// What is found of names in a tree.
ghost use Rattle.std.specs.Prelude.{◌≡◌};

use crate::role::Half;
use crate::sought::Sort;
use std::marker::Model;

/// A name that is declared at a place, and how.
#[derive(Drop)]
pub struct Declared<'a> {
    name: &'a str,
    place: u32,
    sort: Sort,
}

impl<'a> Model for Declared<'a> {
    ghost use Rattle.form_rules.specs.Scope.{Declared};

    ghost Value = { Declared };

    ghost view = { λ d. record { name = d.name.now; place = d.place; sort = d.sort } };
}

impl<'a> Declared<'a> {
    pub fn new(name: &'a str, place: u32, sort: Sort) -> Declared<'a>
        ensures { result ≡ record { name = name.now; place = place; sort = sort } }
    {
        Declared { name, place, sort }
    }

    pub fn name(&self) -> &'a str
        ensures { result.now ≡ self.now.name }
    {
        self.name
    }

    pub fn place(&self) -> u32
        ensures { result ≡ self.now.place }
    {
        self.place
    }

    pub fn sort(&self) -> Sort
        ensures { result ≡ self.now.sort }
    {
        self.sort
    }
}

/// A name that is exported at a place.
#[derive(Drop)]
pub struct Exported<'a> {
    name: &'a str,
    place: u32,
}

impl<'a> Model for Exported<'a> {
    ghost use Rattle.form_rules.specs.Rules.{Exported};

    ghost Value = { Exported };

    ghost view = { λ e. record { name = e.name.now; place = e.place } };
}

impl<'a> Exported<'a> {
    pub fn new(name: &'a str, place: u32) -> Exported<'a>
        ensures { result ≡ record { name = name.now; place = place } }
    {
        Exported { name, place }
    }

    pub fn name(&self) -> &'a str
        ensures { result.now ≡ self.now.name }
    {
        self.name
    }

    pub fn place(&self) -> u32
        ensures { result ≡ self.now.place }
    {
        self.place
    }
}

/// A private name that a class declares at a place, as a half of a property or the whole of it.
#[derive(Drop)]
pub struct Private<'a> {
    name: &'a str,
    place: u32,
    half: Half,
    is_static: bool,
}

impl<'a> Model for Private<'a> {
    ghost use Rattle.form_rules.specs.Rules.{Private};

    ghost Value = { Private };

    ghost view = { λ p. record { name = p.name.now; place = p.place; half = p.half; is_static = p.is_static } };
}

impl<'a> Private<'a> {
    pub fn new(name: &'a str, place: u32, half: Half, is_static: bool) -> Private<'a>
        ensures { result ≡ record { name = name.now; place = place; half = half; is_static = is_static } }
    {
        Private {
            name,
            place,
            half,
            is_static,
        }
    }

    pub fn name(&self) -> &'a str
        ensures { result.now ≡ self.now.name }
    {
        self.name
    }

    pub fn place(&self) -> u32
        ensures { result ≡ self.now.place }
    {
        self.place
    }

    pub fn half(&self) -> Half
        ensures { result ≡ self.now.half }
    {
        self.half
    }

    pub fn is_static(&self) -> bool
        ensures { result ≡ self.now.is_static }
    {
        self.is_static
    }
}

• **Task directions**: Go to the line in the material above that contains "impl<'a> Model for Private<'a>" and copy exactly from there through the line that contains "result ≡ self.now.half", stopping after it.

• **Output for this exercise**:
impl<'a> Model for Private<'a> {
    ghost use Rattle.form_rules.specs.Rules.{Private};

    ghost Value = { Private };

    ghost view = { λ p. record { name = p.name.now; place = p.place; half = p.half; is_static = p.is_static } };
}

impl<'a> Private<'a> {
    pub fn new(name: &'a str, place: u32, half: Half, is_static: bool) -> Private<'a>
        ensures { result ≡ record { name = name.now; place = place; half = half; is_static = is_static } }
    {
        Private {
            name,
            place,
            half,
            is_static,
        }
    }

    pub fn name(&self) -> &'a str
        ensures { result.now ≡ self.now.name }
    {
        self.name
    }

    pub fn place(&self) -> u32
        ensures { result ≡ self.now.place }
    {
        self.place
    }

    pub fn half(&self) -> Half
        ensures { result ≡ self.now.half }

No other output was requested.